CONCLUSIONS: The advice to practitioners is that it would be best practice to use both human assessment and digital evaluation to ensure that acceptable aesthetics are achieved.
Colour matching remains one of the most challenging tasks in clinical dentistry. The ability of a dentist to select and communicate an acceptable shade match is an important factor for the success of treatment especially in meeting patient expectations and demands for accuracy in aesthetic dentistry.1,2
Traditionally, shade matching of teeth in dentistry is done by visually comparing the colour of tooth/teeth with standard shade guide tabs, the operator choosing that which he/ she deems to be the best or closest match. These shade guides offer relatively quick and cost effective methods of shade matching, offset by the major problems of the subjective variability of shade matching, the polychromatic nature of teeth, and the limitations of dental shade guides that incompletely represent the colour range of natural teeth.3 The inconsistencies between commercially available shade guides and actual tooth shades are influenced by the variety of materials used to fabricate these guides.4
Differences in perception of colour (operator subjectivity), operator experience,5,6 fatigue and colour blindness are human physiological factors affecting visual tooth matching. Colours appear different when viewed under varying light sources, which may have different colour distribution. This phenomenon is known as metamerism and may result in perceptible and unacceptable colour differences in changing settings.7 Thus, ambient light has to be standardised before tooth colour is assessed, to minimise the influence of variables such as the light source, time of day, the surrounding background colour of the walls and the angle and distance at which the tooth is viewed by the operator.8
Recently, various clinical colour-measuring devices have become available. These are efficacious in quantifying the natural tooth colour and also enable communication between technicians and dentists to be more uniform and accurate.9 A number of colour-measuring instruments are commercially available such as ShadeVision (X-Rite, Grand Rapids, MI, USA), which is a colorimeter; Easyshade (Vita Zahnfabrik, Bad Sackingen, Germany), which is a spectrophotometer that does not provide images; and SpectroShade Micro (MHT, Verona, Italy) and Crystal-eye, which are spectrophotometers that also provide images.2 The advantages of a digital shade-matching system include objective readings and accuracy. The spectrophotometer can be used consistently to accurately measure the natural tooth colour in reference to a known colour, and it can be used based on the settings of other shade matching systems. It evaluates the colour characteristics of the tooth by measuring the different light intensities in various parts of the tooth/colour distribution. These data are then transmitted to software which maps the different shades on a digitised tooth. In this way, the instrument develops an accurate interpretation of the tooth shade on a given colour system, which can then be related to an existing dental shade tab or to a colour that is interpolated between the shade tabs.

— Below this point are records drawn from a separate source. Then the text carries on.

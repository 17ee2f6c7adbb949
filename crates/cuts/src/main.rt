// Document 01's plain example 12: reads the string at the start of its standard input with every bit count up to its length, and prints
// each count with reading's number.
#![tactic(auto)]

ghost use Rattle.std.specs.Prelude.{◌*◌, ◌≤◌, ◌<◌, length};
ghost use Rattle.text.specs.Writing.{HasRoom, Adds};
ghost use Rattle.cuts.specs.Cuts.{count_line, cuts, counts, cut_most};

use bits::Phase;
use std::io::Read;
use text::Text;

// How many bit counts there are: from 0 to the string's 250.
const COUNTS: usize = 251;

// The most bytes of the lines: each has two numbers.
const TEXT: usize = 2 * text::NUMBER * COUNTS;

// Writes the line of a bit count.
fn put_cut(rec: &[u8], count: usize, text: &mut Text)
    requires { (count < counts) × HasRoom cut_most text.old }
    ensures { Adds (count_line rec.now count) text.old text.new }
{
    let number = answers::answer_number(&reading::read(rec, count, Phase::Straight, 0));
    text.row(&[count as u32, number]);
}

// Writes a line for each bit count.
fn put_cuts(rec: &[u8], text: &mut Text)
    requires { HasRoom (cut_most * counts) text.old }
    ensures { Adds (cuts rec.now counts) text.old text.new }
{
    for count in 0..COUNTS {
        put_cut(rec, count, text);
    }
}

// Reads the input until the buffer is full, the input ends or it can't be read, and answers how many bytes came.
fn read_full<R: Read>(input: &mut R, buf: &mut [u8]) -> usize
    ensures { result ≤ length buf.old }
{
    let mut done: usize = 0;
    while done < buf.len() {
        match input.read(&mut buf[done..]) {
            Ok(n) if n > 0 => done += n,
            _ => break,
        }
    }
    done
}

fn main(rt: HostRuntime) {
    let mut rec = [0u8; 32];
    let n = read_full(&mut rt.stdin(), &mut rec);
    let mut out = [0u8; TEXT];
    let mut text = Text::new(&mut out);
    put_cuts(&rec[..n], &mut text);
    let _ = rt.write_all(text.written());
}
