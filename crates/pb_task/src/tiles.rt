//! Sliding tiles: boards as states, and the steps that move the blank.
ghost use Rattle.std.specs.Prelude.{◌≡◌, ◌+◌, ◌*◌, ◌/◌, ◌%◌, ◌<◌, ◌≤◌, ◌^◌, ◌==◌, true, IsTrue, IfSome, Some, length, take, swap, nat_lt, vec_capacity};
ghost use Rattle.std.specs.List.{list_all};
ghost use Rattle.pb_task.specs.Tiles.{IsTiles, cell_count, are_distinct, is_board, board_state, board_of, is_board_state, cell_on, neighbour, blank_of, slide_on, tiles_step, tiles_space};
ghost use Rattle.pb_task.specs.Grid.{cell_beside};
ghost use Rattle.pb_model.specs.Space.{steps};

use crate::grid;
use crate::parts::TilesParts;
use crate::steps::push_step;
use pb_model::Succ;
use pb_packed::Packed;

// The greatest number of cells that a board has.
const MOST_CELLS: usize = 16;

// How many bits of a state hold the number in a cell.
const BITS: u32 = 4;

/// The state that represents a board.
pub fn pack(board: &[u8]) -> Packed
    requires few { length board.now ≤ 16 }
    requires small { list_all (λ number. nat_lt number 16) board.now ≡ true }
    ensures { result ≡ board_state board.now }
{
    let mut word: u64 = 0;
    // The first cell is in the lowest bits, so it is put in last.
    for cell in (0..board.len()).rev() {
        word = word * 16 + u64::from(board[cell]);
    }
    Packed::of_word(word)
}

// The numbers in the first cells of a state, which has no others, from the first on.
fn unpack(word: u64, count: usize) -> [u8; MOST_CELLS]
    requires { count ≤ 16 }
    ensures { take count result ≡ board_of count word }
{
    let mut cells = [0; MOST_CELLS];
    let mut rest = word;
    for cell in 0..count {
        cells[cell] = (rest % 16) as u8;
        rest /= 16;
    }
    cells
}

/// Whether a state is a board of these tiles.
pub fn is_state(tiles: &TilesParts, state: &Packed) -> bool
    requires { IsTiles tiles.now }
    ensures { result ≡ is_board_state (cell_count tiles.now) state.now }
{
    let count = tiles.rows * tiles.cols;
    let word = state.bits(0, BITS * count);
    // A state with a bit on beyond the cells is no board.
    if Packed::of_word(word) != *state {
        return false;
    }
    let cells = unpack(word, count as usize);
    is_board(&cells[..count as usize])
}

// Whether a list has each number below its length once.
fn is_board(board: &[u8]) -> bool
    ensures { result ≡ is_board (length board.now) board.now }
{
    are_below(board, board.len()) && are_distinct(board)
}

// Whether all numbers of a list are below a bound.
fn are_below(numbers: &[u8], bound: usize) -> bool
    ensures { result ≡ list_all (λ number. nat_lt number bound) numbers.now }
{
    numbers.iter().all(|number| usize::from(*number) < bound)
}

// Whether no number is twice in a list.
fn are_distinct(numbers: &[u8]) -> bool
    ensures { result ≡ are_distinct numbers.now }
{
    for at in 0..numbers.len() {
        if numbers[at + 1..].contains(&numbers[at]) {
            return false;
        }
    }
    true
}

// The cell beside the one in a column and a row in an action's direction, if the board has one.
fn neighbour(tiles: &TilesParts, column: u32, row: u32, action: u32) -> Option<u32>
    requires tiles { IsTiles tiles.now }
    requires column { column < 16 }
    requires row { row < 16 }
    ensures { result ≡ cell_on tiles.now.rows tiles.now.cols (cell_beside column row action) }
{
    let (x, y) = grid::cell_beside(column, row, action)?;
    if x < tiles.cols && y < tiles.rows {
        Some(y * tiles.cols + x)
    } else {
        None
    }
}

impl TilesParts {
    /// The cell beside a cell in an action's direction, if the board has one. Cells are numbered
    /// row by row from 0.
    pub fn neighbour(&self, cell: u32, action: u32) -> Option<u32>
        requires tiles { IsTiles self.now }
        requires cell { cell < 16 }
        ensures cell { result ≡ neighbour self.now.rows self.now.cols cell action }
        ensures within { IfSome result (λ to. to < cell_count self.now) }
    {
        neighbour(self, cell % self.cols, cell / self.cols, action)
    }
}

// The cell that the blank of a board is in.
fn blank(board: &[u8]) -> Option<usize>
    ensures { result ≡ blank_of board.now }
{
    board.iter().position(|number| *number == 0)
}

// The step that moves the blank of a board.
fn slide(tiles: &TilesParts, board: &mut [u8], action: u32) -> Option<(Packed, u64)>
    requires tiles { IsTiles tiles.now }
    requires board { IsTrue (is_board (cell_count tiles.now) board.old) }
    ensures { result ≡ slide_on tiles.now.rows tiles.now.cols board.old action }
{
    let from = blank(board)?;
    let cell = from as u32;
    let to = neighbour(tiles, cell % tiles.cols, cell / tiles.cols, action)?;
    board.swap(from, to as usize);
    Some((pack(board), 1))
}

/// The step from a state by an action.
pub fn step(tiles: &TilesParts, from: &Packed, action: u32) -> Option<(Packed, u64)>
    requires tiles { IsTiles tiles.now }
    requires state { IsTrue (is_board_state (cell_count tiles.now) from.now) }
    ensures { result ≡ tiles_step tiles.now from.now action }
{
    let count = tiles.rows * tiles.cols;
    let mut cells = unpack(from.bits(0, BITS * count), count as usize);
    slide(tiles, &mut cells[..count as usize], action)
}

// The cell that the blank is in, in the board that a word represents.
fn blank_in(word: u64, count: u32) -> Option<u32>
    requires { count ≤ 16 }
    ensures { result ≡ blank_of (board_of count word) }
{
    let mut rest = word;
    for cell in 0..count {
        if rest % 16 == 0 {
            return Some(cell);
        }
        rest /= 16;
    }
    None
}

// The word in which the blank and the number in another cell have changed places.
fn exchanged(word: u64, count: u32, blank: u32, other: u32) -> u64
    requires count { count ≤ 16 }
    requires word { word < 16 ^ count }
    requires blank { blank_of (board_of count word) ≡ Some blank }
    requires other { other < count }
    requires fits { board_state (swap (board_of count word) blank other) < 2 ^ 64 }
    ensures { result ≡ board_state (swap (board_of count word) blank other) }
{
    // Only the contract needs the number of cells.
    let _ = count;
    let number = (word >> (BITS * other)) % 16;
    // The bits of the blank's cell are 0, so the addition puts the number there.
    word - (number << (BITS * other)) + (number << (BITS * blank))
}

// The step that moves the blank of the board that a word represents. The state is a word too.
#[inline]
fn slide_word(
    tiles: &TilesParts,
    word: u64,
    blank: u32,
    column: u32,
    row: u32,
    action: u32,
) -> Option<(u64, u64)>
    requires tiles { IsTiles tiles.now }
    requires state { IsTrue (is_board_state (cell_count tiles.now) word) }
    requires blank { blank_of (board_of (cell_count tiles.now) word) ≡ Some blank }
    requires column { column ≡ blank % tiles.now.cols }
    requires row { row ≡ blank / tiles.now.cols }
    ensures { result ≡ slide_on tiles.now.rows tiles.now.cols (board_of (cell_count tiles.now) word)
        action }
{
    let other = neighbour(tiles, column, row, action)?;
    let moved = exchanged(word, tiles.rows * tiles.cols, blank, other);
    Some((moved, 1))
}

/// Replaces the list by all successors of a state, in order of the actions. The state is read once.
pub fn successors(tiles: &TilesParts, from: &Packed, out: &mut Vec<Succ>)
    requires tiles { IsTiles tiles.now }
    requires state { IsTrue (is_board_state (cell_count tiles.now) from.now) }
    requires room { 4 ≤ vec_capacity out.old }
    ensures successors { out.new.items ≡ steps (tiles_space tiles.now) from.now }
    ensures room { vec_capacity out.old ≤ vec_capacity out.new }
{
    out.clear();
    let word = from.bits(0, 64);
    // Each board has a blank, so the list is never left empty here.
    let Some(blank) = blank_in(word, tiles.rows * tiles.cols) else {
        return;
    };
    let column = blank % tiles.cols;
    let row = blank / tiles.cols;
    for action in 0..grid::DIRECTIONS {
        let step = slide_word(tiles, word, blank, column, row, action);
        push_step(out, action, step);
    }
}

/// Whether a state represents a board.
pub fn is_at(board: &[u8], state: &Packed) -> bool
    requires few { length board.now ≤ 16 }
    requires small { list_all (λ number. nat_lt number 16) board.now ≡ true }
    ensures { result ≡ (state.now == board_state board.now) }
{
    let word = state.bits(0, 64);
    // The cells come first, since the first one that differs ends the comparison.
    has_numbers(word, board) && Packed::of_word(word) == *state
}

// Whether a word represents a board. The board is read up to the first cell that differs.
fn has_numbers(word: u64, board: &[u8]) -> bool
    requires small { list_all (λ number. nat_lt number 16) board.now ≡ true }
    ensures { result ≡ (word == board_state board.now) }
{
    let mut rest = word;
    for cell in 0..board.len() {
        if rest % 16 != u64::from(board[cell]) {
            return false;
        }
        rest /= 16;
    }
    rest == 0
}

Whether by visual or digital means the evaluation of colour requires an understanding of how it is measured and expressed.10 The Munsell scale has been traditionally used in dentistry where hue, chroma, and value parameters are used to express the colour of teeth. Most of the visual shade-matching guides use this scale. Commission Internationale de l'Eclarirage (CIE) defines colour in L*a*b* colour coordinates within a three dimensional colour space.11 The L* represents the brightness, a* represents the red-green chroma and b* represents the yellow-blue chroma. Colour difference ΔE*(a*b*) quantifies the colour difference between any two objects.11
The limitations of the visual shade guide method can contribute to the dissatisfaction of patient, technician and clinician with inaccurate colour matching. There will be inconsistencies amongst dentists in matching tooth shades with shade guides, as is evidenced by the inability of some dentists to reliably duplicate their own previous shade selections.6 Therefore, an exact colour match is rarely possible, and hence the need to determine the magnitude and direction of the differences or errors.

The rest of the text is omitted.